▶ Exercise: Look through the records below for the line holding "filename crates/ddl_tests_numbers/src/bits/deep.rt". Write it out exactly, with each following line through the line holding "use super::error;".

--- START ---

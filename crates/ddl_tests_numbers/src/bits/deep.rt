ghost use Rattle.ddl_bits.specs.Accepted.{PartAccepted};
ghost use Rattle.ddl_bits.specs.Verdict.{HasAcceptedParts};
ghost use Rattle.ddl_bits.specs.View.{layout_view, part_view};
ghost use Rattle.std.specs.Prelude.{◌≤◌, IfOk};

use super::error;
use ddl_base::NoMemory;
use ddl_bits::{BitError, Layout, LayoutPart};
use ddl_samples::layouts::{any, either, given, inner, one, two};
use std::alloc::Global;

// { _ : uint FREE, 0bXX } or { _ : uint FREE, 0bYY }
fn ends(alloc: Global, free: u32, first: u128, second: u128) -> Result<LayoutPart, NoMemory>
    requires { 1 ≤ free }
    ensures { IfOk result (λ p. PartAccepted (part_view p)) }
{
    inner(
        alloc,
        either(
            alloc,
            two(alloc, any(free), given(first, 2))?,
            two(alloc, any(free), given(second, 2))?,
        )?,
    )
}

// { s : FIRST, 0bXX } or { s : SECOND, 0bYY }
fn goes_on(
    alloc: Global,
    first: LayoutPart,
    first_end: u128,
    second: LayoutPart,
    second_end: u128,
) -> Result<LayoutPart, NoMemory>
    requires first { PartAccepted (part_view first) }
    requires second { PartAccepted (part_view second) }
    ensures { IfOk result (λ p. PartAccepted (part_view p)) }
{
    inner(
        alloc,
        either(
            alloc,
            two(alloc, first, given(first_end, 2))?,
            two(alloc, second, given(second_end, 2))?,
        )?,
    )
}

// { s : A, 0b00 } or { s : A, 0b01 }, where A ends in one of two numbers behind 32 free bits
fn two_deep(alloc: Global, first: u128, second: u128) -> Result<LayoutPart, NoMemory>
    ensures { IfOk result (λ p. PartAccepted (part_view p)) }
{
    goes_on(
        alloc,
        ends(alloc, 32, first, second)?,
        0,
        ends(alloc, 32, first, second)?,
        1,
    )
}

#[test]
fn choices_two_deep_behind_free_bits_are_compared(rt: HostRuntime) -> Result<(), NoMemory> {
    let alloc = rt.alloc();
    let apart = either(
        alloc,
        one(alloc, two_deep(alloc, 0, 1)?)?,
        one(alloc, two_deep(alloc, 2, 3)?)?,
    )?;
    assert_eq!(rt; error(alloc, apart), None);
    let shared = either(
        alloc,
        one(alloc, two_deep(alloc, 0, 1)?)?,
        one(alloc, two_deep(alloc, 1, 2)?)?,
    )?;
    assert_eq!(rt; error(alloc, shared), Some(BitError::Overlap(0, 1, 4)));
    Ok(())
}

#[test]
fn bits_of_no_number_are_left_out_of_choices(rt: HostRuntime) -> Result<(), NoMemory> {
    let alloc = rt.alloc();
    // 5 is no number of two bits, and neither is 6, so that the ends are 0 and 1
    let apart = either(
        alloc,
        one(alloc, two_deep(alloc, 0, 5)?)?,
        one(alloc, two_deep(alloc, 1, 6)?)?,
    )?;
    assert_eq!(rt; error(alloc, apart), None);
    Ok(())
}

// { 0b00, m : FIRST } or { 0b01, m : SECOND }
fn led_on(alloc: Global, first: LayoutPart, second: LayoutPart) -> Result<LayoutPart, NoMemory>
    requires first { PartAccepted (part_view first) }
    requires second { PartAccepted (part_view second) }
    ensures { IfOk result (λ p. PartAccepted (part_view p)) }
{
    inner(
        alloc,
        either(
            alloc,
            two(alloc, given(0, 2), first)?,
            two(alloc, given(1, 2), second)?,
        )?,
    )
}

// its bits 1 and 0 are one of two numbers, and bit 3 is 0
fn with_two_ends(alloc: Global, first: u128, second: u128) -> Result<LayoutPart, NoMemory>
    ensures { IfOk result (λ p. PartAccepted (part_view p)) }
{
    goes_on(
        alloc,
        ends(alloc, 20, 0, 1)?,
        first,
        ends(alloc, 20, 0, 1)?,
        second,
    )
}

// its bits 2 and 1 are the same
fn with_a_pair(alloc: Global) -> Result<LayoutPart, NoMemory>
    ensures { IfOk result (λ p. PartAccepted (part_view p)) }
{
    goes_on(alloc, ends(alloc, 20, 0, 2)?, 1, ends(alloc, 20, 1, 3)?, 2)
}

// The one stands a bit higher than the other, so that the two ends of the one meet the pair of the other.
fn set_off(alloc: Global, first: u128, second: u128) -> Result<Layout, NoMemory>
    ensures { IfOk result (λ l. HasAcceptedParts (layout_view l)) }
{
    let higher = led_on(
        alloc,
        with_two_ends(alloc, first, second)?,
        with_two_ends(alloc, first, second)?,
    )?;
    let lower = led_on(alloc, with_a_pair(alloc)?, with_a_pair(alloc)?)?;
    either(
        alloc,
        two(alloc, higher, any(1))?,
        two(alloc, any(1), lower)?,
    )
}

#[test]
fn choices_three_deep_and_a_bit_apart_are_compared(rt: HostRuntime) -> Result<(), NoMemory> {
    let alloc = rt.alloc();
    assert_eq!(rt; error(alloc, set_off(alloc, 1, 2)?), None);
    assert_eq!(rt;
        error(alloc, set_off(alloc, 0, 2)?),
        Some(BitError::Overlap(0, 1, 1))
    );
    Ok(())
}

--- END ---
--- START ---

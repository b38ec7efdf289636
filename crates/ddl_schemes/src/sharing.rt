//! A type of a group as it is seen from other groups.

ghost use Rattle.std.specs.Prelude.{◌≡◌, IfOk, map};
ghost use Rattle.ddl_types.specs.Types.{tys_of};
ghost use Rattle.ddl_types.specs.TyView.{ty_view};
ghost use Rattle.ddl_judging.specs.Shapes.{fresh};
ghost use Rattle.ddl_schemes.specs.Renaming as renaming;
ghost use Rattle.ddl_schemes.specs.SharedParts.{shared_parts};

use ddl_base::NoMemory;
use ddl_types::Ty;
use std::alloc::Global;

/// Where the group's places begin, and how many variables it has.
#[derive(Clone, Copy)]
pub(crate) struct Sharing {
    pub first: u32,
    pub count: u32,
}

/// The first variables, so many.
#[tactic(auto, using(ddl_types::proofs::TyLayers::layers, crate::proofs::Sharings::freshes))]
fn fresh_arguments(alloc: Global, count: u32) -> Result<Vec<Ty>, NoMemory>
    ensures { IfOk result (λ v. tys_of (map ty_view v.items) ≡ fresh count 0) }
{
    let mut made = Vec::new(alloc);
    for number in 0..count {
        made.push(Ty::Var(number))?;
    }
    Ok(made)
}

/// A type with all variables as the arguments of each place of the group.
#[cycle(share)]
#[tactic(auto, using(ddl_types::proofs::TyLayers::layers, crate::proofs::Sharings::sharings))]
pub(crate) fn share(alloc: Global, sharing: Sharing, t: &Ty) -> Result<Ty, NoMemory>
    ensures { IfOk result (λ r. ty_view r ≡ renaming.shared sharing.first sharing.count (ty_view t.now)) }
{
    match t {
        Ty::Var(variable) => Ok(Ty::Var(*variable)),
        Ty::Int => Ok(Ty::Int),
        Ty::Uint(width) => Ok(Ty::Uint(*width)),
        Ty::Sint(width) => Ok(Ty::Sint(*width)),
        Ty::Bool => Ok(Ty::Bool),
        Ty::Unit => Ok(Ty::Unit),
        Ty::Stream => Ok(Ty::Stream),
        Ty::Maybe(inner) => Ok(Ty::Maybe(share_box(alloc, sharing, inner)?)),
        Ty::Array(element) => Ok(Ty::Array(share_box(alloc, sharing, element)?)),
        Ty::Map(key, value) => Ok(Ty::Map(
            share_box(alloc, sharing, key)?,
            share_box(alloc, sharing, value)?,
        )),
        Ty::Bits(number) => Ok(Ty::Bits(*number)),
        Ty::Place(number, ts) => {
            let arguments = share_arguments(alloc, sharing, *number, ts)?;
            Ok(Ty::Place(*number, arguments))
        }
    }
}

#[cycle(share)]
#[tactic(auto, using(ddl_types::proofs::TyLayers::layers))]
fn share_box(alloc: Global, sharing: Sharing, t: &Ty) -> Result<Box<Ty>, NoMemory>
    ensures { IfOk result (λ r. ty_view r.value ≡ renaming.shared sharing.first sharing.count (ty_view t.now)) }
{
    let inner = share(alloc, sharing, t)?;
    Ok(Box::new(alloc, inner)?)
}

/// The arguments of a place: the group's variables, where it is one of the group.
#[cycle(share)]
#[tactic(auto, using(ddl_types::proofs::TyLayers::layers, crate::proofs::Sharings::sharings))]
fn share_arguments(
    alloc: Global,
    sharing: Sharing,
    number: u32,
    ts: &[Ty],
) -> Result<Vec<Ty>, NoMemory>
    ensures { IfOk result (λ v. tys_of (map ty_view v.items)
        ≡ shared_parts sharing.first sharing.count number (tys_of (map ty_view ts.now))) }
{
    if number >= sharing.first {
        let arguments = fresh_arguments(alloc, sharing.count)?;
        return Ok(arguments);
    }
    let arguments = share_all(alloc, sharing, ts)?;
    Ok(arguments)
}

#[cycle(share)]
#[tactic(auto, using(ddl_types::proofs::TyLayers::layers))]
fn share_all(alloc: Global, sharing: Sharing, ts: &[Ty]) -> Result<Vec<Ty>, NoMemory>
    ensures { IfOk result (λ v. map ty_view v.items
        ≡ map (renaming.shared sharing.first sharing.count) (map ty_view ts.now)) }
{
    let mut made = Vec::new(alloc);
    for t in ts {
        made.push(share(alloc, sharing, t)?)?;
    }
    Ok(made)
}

--- END ---

▶ Your solution:
filename crates/ddl_tests_numbers/src/bits/deep.rt
ghost use Rattle.ddl_bits.specs.Accepted.{PartAccepted};
ghost use Rattle.ddl_bits.specs.Verdict.{HasAcceptedParts};
ghost use Rattle.ddl_bits.specs.View.{layout_view, part_view};
ghost use Rattle.std.specs.Prelude.{◌≤◌, IfOk};

use super::error;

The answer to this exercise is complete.